#### [WHAT TO DO]
All that is needed is the line containing "if other.len() >" together with each line after it, transcribed exactly to the end of the records.

#### [RECORDS FOR THIS TASK]
○ ○ ○

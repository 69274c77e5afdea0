// Whether a file holds the alerts of a run, and what is printed of a run that was restored.
ghost use Rattle.std.specs.Prelude.{◌≡◌, ◌<◌, ◌≤◌, ◌↔◌, IfErr, IfNone, IfOk, IfSome, IsTrue};
ghost use Rattle.std.specs.Prelude.{OnOk, Some, length, slice_get};
ghost use Rattle.audit_laws.specs.Verdict.{DifferFirst};
ghost use Rattle.jobs.specs.Nodes.{worker_count};
ghost use Rattle.fries_steps.specs.Running.{alerts_of};
ghost use Rattle.fries_verify.specs.Audits.{HoldsAlerts, HoldsNoAlerts, line_at as line_at_of};
ghost use Rattle.fries_verify.specs.Audits.{verified_lines as verified_lines_of};

use fries_lines::{Fault, FileIs, summary_line};
use fries_steps::{Done, read_file, summary_of};
use payments::Shelf;
use sink_journal::alerts_text;
use std::alloc::Global;
use tuple_trace::{Bytes, NoMemory, Word};

/// Whether a file, if one is named, holds just the alerts of a run.
///
/// # Errors
///
/// The file couldn't be read, is too long, or holds another text; or out of memory.
pub fn check_alerts<S: Shelf>(
    alloc: Global,
    done: &Done,
    name: &Option<Word>,
    shelf: &mut S,
) -> Result<(), Fault>
    requires { length done.now.ran.journals ≡ worker_count done.now.ran.setup.job.nodes }
    ensures alerts { OnOk result (HoldsAlerts (S.state shelf.old).files name.now
        (alerts_of done.now)) }
    ensures kept { OnOk result (S.state shelf.new ≡ S.state shelf.old) }
    ensures files { (S.state shelf.new).files ≡ (S.state shelf.old).files }
    ensures draft { (S.state shelf.new).draft ≡ (S.state shelf.old).draft }
    ensures cause { IfErr result (HoldsNoAlerts (S.state shelf.old).files name.now
        (alerts_of done.now) (S.state shelf.old).faults (S.state shelf.new).faults) }
{
    match name {
        Some(name) => compare_alerts(alloc, done, name, shelf),
        None => Ok(()),
    }
}

fn compare_alerts<S: Shelf>(
    alloc: Global,
    done: &Done,
    name: &Word,
    shelf: &mut S,
) -> Result<(), Fault>
    requires { length done.now.ran.journals ≡ worker_count done.now.ran.setup.job.nodes }
    ensures alerts { OnOk result (HoldsAlerts (S.state shelf.old).files (Some name.now)
        (alerts_of done.now)) }
    ensures kept { OnOk result (S.state shelf.new ≡ S.state shelf.old) }
    ensures files { (S.state shelf.new).files ≡ (S.state shelf.old).files }
    ensures draft { (S.state shelf.new).draft ≡ (S.state shelf.old).draft }
    ensures cause { IfErr result (HoldsNoAlerts (S.state shelf.old).files (Some name.now)
        (alerts_of done.now) (S.state shelf.old).faults (S.state shelf.new).faults) }
{
    let bytes = read_file(alloc, FileIs::Alerts, name, shelf)?;
    let text = alerts_text(alloc, &done.ran.setup.job, &done.ran.journals)?;
    match first_difference(text.as_slice(), bytes.as_slice()) {
        Some(place) => Err(Fault::Alerts(line_at(bytes.as_slice(), place))),
        None => Ok(()),
    }
}

// The place at which two texts differ first; one of them may end there.
fn first_difference(text: &[u8], other: &[u8]) -> Option<usize>
    ensures none { IfNone result (other.now ≡ text.now) }
    ensures some { IfSome result (DifferFirst text.now other.now) }
    ensures within { IfSome result (λ place. place ≤ length other.now) }
{
    for place in 0..text.len() {
        if !is_same_at(text, other, place) {
            return Some(place);
        }
    }
    if other.len() > text.len() {
        Some(text.len())
    } else {
        None
    }
}

fn is_same_at(text: &[u8], other: &[u8], place: usize) -> bool
    requires { place < length text.now }
    ensures { IsTrue result ↔ (slice_get text.now place ≡ slice_get other.now place) }
{
    match other.get(place) {
        Some(byte) => *byte == text[place],
        None => false,
    }
}

// The line, from 1, in which a place of a text stands.
fn line_at(text: &[u8], place: usize) -> u64
    requires { place ≤ length text.now }
    ensures { result ≡ line_at_of text.now place }
{
    1 + text[..place].iter().filter(|byte| **byte == b'\n').count() as u64
}

/// What is printed of a run whose audit was looked at: that it is verified, and the summary.
pub fn verified_lines(alloc: Global, done: &Done) -> Result<Bytes, NoMemory>
    requires { length done.now.ran.journals ≡ worker_count done.now.ran.setup.job.nodes }
    ensures { IfOk result (λ lines. lines ≡ verified_lines_of done.now) }
{
    let summary = summary_line(alloc, summary_of(done)?)?;
    let mut lines = Bytes::from_slice(alloc, b"verified\n")?;
    lines.extend_from_slice(summary.as_bytes())?;
    Ok(lines)
}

○ ○ ○

#### [OUTPUT FOR THIS TASK]
    if other.len() > text.len() {
        Some(text.len())
    } else {
        None
    }
}

fn is_same_at(text: &[u8], other: &[u8], place: usize) -> bool
    requires { place < length text.now }
    ensures { IsTrue result ↔ (slice_get text.now place ≡ slice_get other.now place) }
{
    match other.get(place) {
        Some(byte) => *byte == text[place],
        None => false,
    }
}

// The line, from 1, in which a place of a text stands.
fn line_at(text: &[u8], place: usize) -> u64
    requires { place ≤ length text.now }
    ensures { result ≡ line_at_of text.now place }
{
    1 + text[..place].iter().filter(|byte| **byte == b'\n').count() as u64
}

/// What is printed of a run whose audit was looked at: that it is verified, and the summary.
pub fn verified_lines(alloc: Global, done: &Done) -> Result<Bytes, NoMemory>
    requires { length done.now.ran.journals ≡ worker_count done.now.ran.setup.job.nodes }
    ensures { IfOk result (λ lines. lines ≡ verified_lines_of done.now) }
{
    let summary = summary_line(alloc, summary_of(done)?)?;
    let mut lines = Bytes::from_slice(alloc, b"verified\n")?;
    lines.extend_from_slice(summary.as_bytes())?;
    Ok(lines)
}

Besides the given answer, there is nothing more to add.